By then, Maryland will be able to meet future as well as current demands of those who are entitled to draw on it.

If benefits are increased as proposed by the teachers, the system would not achieve full funding until 2024.

The system's huge investment fund is performing well, but, even with employee contributions, the higher proposed payouts would mean the full funding target would be reached more slowly.

Other philosophical differences exist.

The teachers want a "defined benefit" provided in law by government, affording a pension equal to 45 percent of their final pay -- up from the current 29 percent. They have agreed to a 3 percent employee contribution and five years of payments before the improvements are added.

Most teachers and state employees do not currently contribute to their pensions.

The teachers' plan would also apply to most state employee pensions.

A study last year by the State Retirement Agency found that Maryland's pension allowances, which cover 200,000 workers and retirees, are the least generous of 47 state plans for teachers and next to last among 46 plans for nonteaching employees.

"We're not asking for the moon," says Alice Willingham, an English teacher and president of the MSTA chapter in St. Mary's County. "It's just a little step."

But Dixon, the state treasurer, says the teachers' proposal would increase the plan's unfunded liability temporarily and bring on additional investment risk. He says he hopes for vigorous debate that results in a more prudent approach.

He and Senator Neall prefer an approach combining state and employee contributions, something like the increasingly popular 401(k) and other "defined contribution" plans -- an approach that would give the state the flexibility each year to decide how much to contribute.

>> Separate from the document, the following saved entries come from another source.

//! Prints what the index file on standard input says, for `scripts/compare-index`.
//!
//! First the number of entries, and ` sparse` where the index is; then for each entry what
//! `git ls-files -s -v -z` prints, and its stat fields on a line, with `N` behind them where it is
//! to be added and `S` where it is skipped. Or why the bytes are no index, with status 1. With a
//! word of at most eight bytes after its name it reads the file alone, and prints the number.
#![tactic(auto)]

use git_index::{Detail, IndexFile, IndexFileError, read_index};
use gitbase_core::{Flags, IndexEntry, IndexError, State};
use std::alloc::Global;
use std::env::Env;
use std::io;
use std::io::{Read, Write};
use std::process::ExitCode;

/// Whether the entry is left out of a sparse worktree.
fn has_skip_worktree_flag(entry: &IndexEntry) -> bool {
    entry.flags.contains(Flags::SKIP_WORKTREE)
}

/// The letter that `git ls-files -v` puts before an entry.
fn ls_files_status_letter(entry: &IndexEntry) -> char {
    let is_assumed = entry.flags.contains(Flags::ASSUME_VALID);
    if entry.stage > 0 {
        return if is_assumed { 'm' } else { 'M' };
    }
    if has_skip_worktree_flag(entry) {
        return if is_assumed { 's' } else { 'S' };
    }
    if is_assumed { 'h' } else { 'H' }
}

/// Adds the record of an entry.
fn append_entry_record(text: &mut Vec<u8>, alloc: Global, entry: &IndexEntry) -> io::Result<()> {
    let letter = ls_files_status_letter(entry);
    let mode = entry.mode.bits();
    let stage = entry.stage;
    let head = format!(in alloc; "{letter} {mode:06o} ")?;
    text.extend_from_slice(head.as_bytes())?;
    text.extend_from_slice(&entry.id.to_hex())?;
    let tail = format!(in alloc; " {stage}\t")?;
    text.extend_from_slice(tail.as_bytes())?;
    text.extend_from_slice(entry.path.as_bytes())?;
    text.push(0)?;
    Ok(())
}

/// Adds what the file says of an entry besides.
fn append_stat_and_flags(
    text: &mut Vec<u8>,
    alloc: Global,
    detail: &Detail,
    is_skipped: bool,
) -> io::Result<()> {
    let stat = detail.stat;
    let (c, m) = (stat.ctime, stat.mtime);
    let times = format!(in alloc;
        "{}:{} {}:{}",
        c.seconds, c.nanoseconds, m.seconds, m.nanoseconds
    )?;
    text.extend_from_slice(times.as_bytes())?;
    let place = format!(in alloc; " {} {} {} {}", stat.dev, stat.ino, stat.uid, stat.gid)?;
    text.extend_from_slice(place.as_bytes())?;
    let intent = if detail.intent_to_add { " N" } else { "" };
    let skipped = if is_skipped { " S" } else { "" };
    let rest = format!(in alloc; " {}{intent}{skipped}\n", stat.size)?;
    text.extend_from_slice(rest.as_bytes())?;
    Ok(())
}

/// All records.
fn records_of_all_entries(alloc: Global, state: &State, details: &[Detail]) -> io::Result<Vec<u8>> {
    let mut text = Vec::new(alloc);
    for (entry, detail) in state.entries().iter().zip(details) {
        append_entry_record(&mut text, alloc, entry)?;
        append_stat_and_flags(&mut text, alloc, detail, has_skip_worktree_flag(entry))?;
    }
    Ok(text)
}

/// Says why some bytes are no index file.
fn print_index_parse_error(rt: &HostRuntime, error: IndexFileError) -> io::Result<ExitCode> {
    println!(rt; "refused: {error:?}")?;
    Ok(ExitCode::from(1))
}

/// Says why the entries of a file are no index.
fn print_entries_refusal(rt: &HostRuntime, error: IndexError) -> io::Result<ExitCode> {
    println!(rt; "no index: {error:?}")?;
    Ok(ExitCode::from(1))
}

/// Prints how many entries there are.
fn print_entry_count(rt: &HostRuntime, length: usize, is_sparse: bool) -> io::Result<ExitCode> {
    let sparse = if is_sparse { " sparse" } else { "" };
    println!(rt; "{length} entries{sparse}")?;
    Ok(ExitCode::from(0))
}

/// Prints how many entries there are, and a record for each.
fn print_count_and_records(rt: &HostRuntime, file: IndexFile) -> io::Result<ExitCode> {
    let is_sparse = file.is_sparse();
    let (entries, details) = file.into_parts();
    match State::from_entries(entries) {
        Ok(state) => {
            let text = records_of_all_entries(rt.alloc(), &state, &details)?;
            let status = print_entry_count(rt, details.len(), is_sparse)?;
            io::writer(rt).write_all(&text)?;
            Ok(status)
        }
        Err(error) => print_entries_refusal(rt, error),
    }
}

/// Whether there is a word of at most eight bytes after the program's name.
fn has_first_argument_of_at_most_eight_bytes(rt: &HostRuntime) -> bool {
    let mut buffer = [0u8; 8];
    rt.arg(1, &mut buffer).is_ok()
}

fn main(rt: HostRuntime) -> io::Result<ExitCode> {
    let mut bytes = Vec::new(rt.alloc());
    rt.reader().read_to_end(&mut bytes)?;
    match read_index(rt.alloc(), &bytes) {
        Ok(file) if has_first_argument_of_at_most_eight_bytes(&rt) => print_entry_count(
            &rt,
            file.entries().len(),
            file.is_sparse(),
        ),
        Ok(file) => print_count_and_records(&rt, file),
        Err(error) => print_index_parse_error(&rt, error),
    }
}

Both men are eager to see the results of a second, independent analysis of the system before taking a final position. That study is due Feb. 1.

The teachers' union has been working to create an uprising of election-year activism in its ranks. Its officials hope a tide of unhappiness will persuade Maryland legislators to support the improvements they seek.

Asked whether the union would attempt to defeat legislators who vote against them -- as it has successfully done in the past -- Willingham says, "We'd be terribly disappointed." She finds her 800 members deeply distressed about what they call a paltry retirement benefit -- and frustrated to learn they will have to campaign hard for improvements.

"It's such a no-brainer for them: We have a horrible pension. Let's improve it," she says.

But Dixon and Neall have been down this road before. Then a member of the House of Delegates representing Carroll County, Dixon risked the teachers' wrath by voting for benefit-trimming reforms in 1984. He was re-elected despite teacher opposition.

Neall says he saw the results of election-year improvements to Maryland's pension benefits in the 1970s -- and found himself in the midst of the grinding 1984 legislative battle to rescind some of the benefits. When he lost his race for Congress in 1986, he was passionately opposed by teachers.